While this study is conducted for rubble piles, which are governed by granular (discretized) physics in lieu of rheological (continuum) physics, we identify global patterns in rock displacement that defy expectations from the unimodal MacDonald model, which predicts a static lag offset between the ground track of the perturber and the raised tide. Figure 2 depicts the relative displacement of rocks at three distinct times in an equatorial (i.e. z-axis) cross-section of Dimorphos. The axis collinear with the peak of a longitudinally traveling tidal “wave” is clearly visible, traveling clockwise, catching up with and overtaking the ground track of Didymos (black arrow), which also travels clockwise in the topographic/body frames. This behavior is somewhat reminiscent of the non-stationary tidal lag predicted from classical Darwin-Kaula theory and other recent related works [5].

4. Conclusions

This work directly explores binary asteroid tidal physics using the GRAINS N-body model. We compute lower-than-expected Q/k₂ for Dimorphos, ostensibly due to the new consideration of high-fidelity contact and friction effects. If accurate, a real-world implication of this could be the revelation of a surprisingly settled rotational state of post-DART impact Dimorphos upon the arrival of the Hera mission. With this model we can also directly observe rock movements and tidal distortion, presenting GRAINS as a useful tool for new developments in rubble pile tidal physics.

5. Disclaimer

Funded by the European Union. Views and opinions expressed are however those of the authors only and do not necessarily reflect those of the European Union or the European Research Executive Agency. Neither the European Union nor the granting authority can be held responsible for them.

6. Acknowledgements

This work was performed as part of an MSCA postdoctoral fellowship, grant agreement ID: 101063274.

References

[1] Ferrari, F., Tasora, A., Masarati, P. et al. (2017). N-body gravitational and contact dynamics for asteroid aggregation. Multibody Syst Dyn, 39, 3-20.

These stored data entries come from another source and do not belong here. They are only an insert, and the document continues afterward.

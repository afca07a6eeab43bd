// A graph of calls, and the questions that are asked of it.
ghost use Rattle.std.specs.Prelude.{◌≡◌, ◌<◌, ◌^◌, length, All, IsTrue, IfOk, slice_get};
ghost use Rattle.std.specs.Option.{option_copied};
ghost use Rattle.calls_of.specs.Graph.{graph, is_edge, IsWithin, are_in_order, edges_of, callers_of, callees_of};
ghost use Rattle.calls_of.specs.Reaching.{Lists, Reaches};

use crate::marks::Marks;
use crate::nodes::{Edge, Node};
use crate::walk::Walk;
use cs_base::Memory;
use std::alloc::Global;
use std::marker::Model;

/// Nodes, which are known by their numbers from 0, and the edges between them in order of the caller and then
/// of the callee, each once.
#[derive(Drop)]
pub struct Graph {
    nodes: Vec<Node>,
    edges: Vec<Edge>,
}

impl Model for Graph {
    ghost use Rattle.calls_of.specs.Graph.{GraphValue, IsGraph, graph};

    ghost Value = { GraphValue };

    ghost view = { λ g. graph g.nodes.items g.edges.items };

    ghost invariant = { λ g. IsGraph (graph g.nodes.items g.edges.items) };
}

impl Graph {
    ghost use Rattle.calls_of.specs.Graph.{graph, is_edge, IsWithin, are_in_order, edges_of, callers_of, callees_of};
    ghost use Rattle.calls_of.specs.Reaching.{Lists, Reaches};

    /// A graph of these nodes and edges.
    pub fn new(nodes: Vec<Node>, edges: Vec<Edge>) -> Graph
        requires few { length nodes.items < 2 ^ 32 }
        requires within { All (IsWithin (length nodes.items)) edges.items }
        requires ordered { IsTrue (are_in_order edges.items) }
        ensures { result ≡ graph nodes.items edges.items }
    {
        Graph { nodes, edges }
    }

    /// How many nodes there are.
    pub fn len(&self) -> u32
        ensures { result ≡ length self.now.nodes }
    {
        self.nodes.len() as u32
    }

    /// The node with a number, from 0; none from `len` on.
    pub fn node(&self, k: u32) -> Option<&Node>
        ensures { option_copied result ≡ slice_get self.now.nodes k }
    {
        self.nodes.get(k as usize)
    }

    /// The edges, in order of the caller and then of the callee, each once. Takes no memory.
    pub fn edges(&self) -> &[Edge]
        ensures { result.now ≡ self.now.edges }
    {
        self.edges.as_slice()
    }

    // The edges that lead from a node: they stand together.
    fn edges_from(&self, node: u32) -> &[Edge]
        ensures { result.now ≡ edges_of node self.now.edges }
    {
        let edges = self.edges.as_slice();
        let start = edges.partition_point(|e| e.caller < node);
        let rest = &edges[start..];
        let count = rest.partition_point(|e| e.caller <= node);
        &rest[..count]
    }

    /// The nodes that call this one, in order and each once.
    pub fn callers(&self, alloc: Global, node: u32) -> Result<Vec<u32>, Memory>
        requires { node < length self.now.nodes }
        ensures { IfOk result (λ ns. ns.items ≡ callers_of self.now node) }
    {
        let mut marks = Marks::new(alloc, self.nodes.len())?;
        for edge in &self.edges {
            if edge.callee == node {
                marks.set(edge.caller);
            }
        }
        marks.numbers(alloc)
    }

    /// The nodes that this one calls, in order and each once.
    pub fn callees(&self, alloc: Global, node: u32) -> Result<Vec<u32>, Memory>
        requires { node < length self.now.nodes }
        ensures { IfOk result (λ ns. ns.items ≡ callees_of self.now node) }
    {
        let mut marks = Marks::new(alloc, self.nodes.len())?;
        for edge in self.edges_from(node) {
            marks.set(edge.callee);
        }
        marks.numbers(alloc)
    }

    /// The nodes that a chain of one or more edges reaches from this one, in order and each once. The node itself
    /// is one of them only where a chain leads back to it.
    pub fn reachable(&self, alloc: Global, node: u32) -> Result<Vec<u32>, Memory>
        requires { node < length self.now.nodes }
        ensures { IfOk result (λ ns. Lists (Reaches self.now.edges node) ns.items) }
    {
        let mut walk = Walk::new(alloc, self.nodes.len(), node)?;
        while let Some(from) = walk.next() {
            walk.follow(from, self.edges_from(from))?;
        }
        walk.met(alloc)
    }
}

[2] Agrusa, H. F., Gkolias, I., Tsiganis, K. et al. (2021). The excited spin state of Dimorphos resulting from the DART impact. Icarus, 370, 114624.

[3] Murray, C. D., Dermott, S. F. (1999). Solar System Dynamics. Cambridge University Press.

[4] Pou, L., Nimmo, F. (2024). Tidal dissipation of binaries in asteroid pairs. Icarus, 411, 115919.

[5] Efroimsky, Michael. (2012). Bodily tides near spin-orbit resonances. Celestial Mechanics and Dynamical Astronomy, 112, 283-330.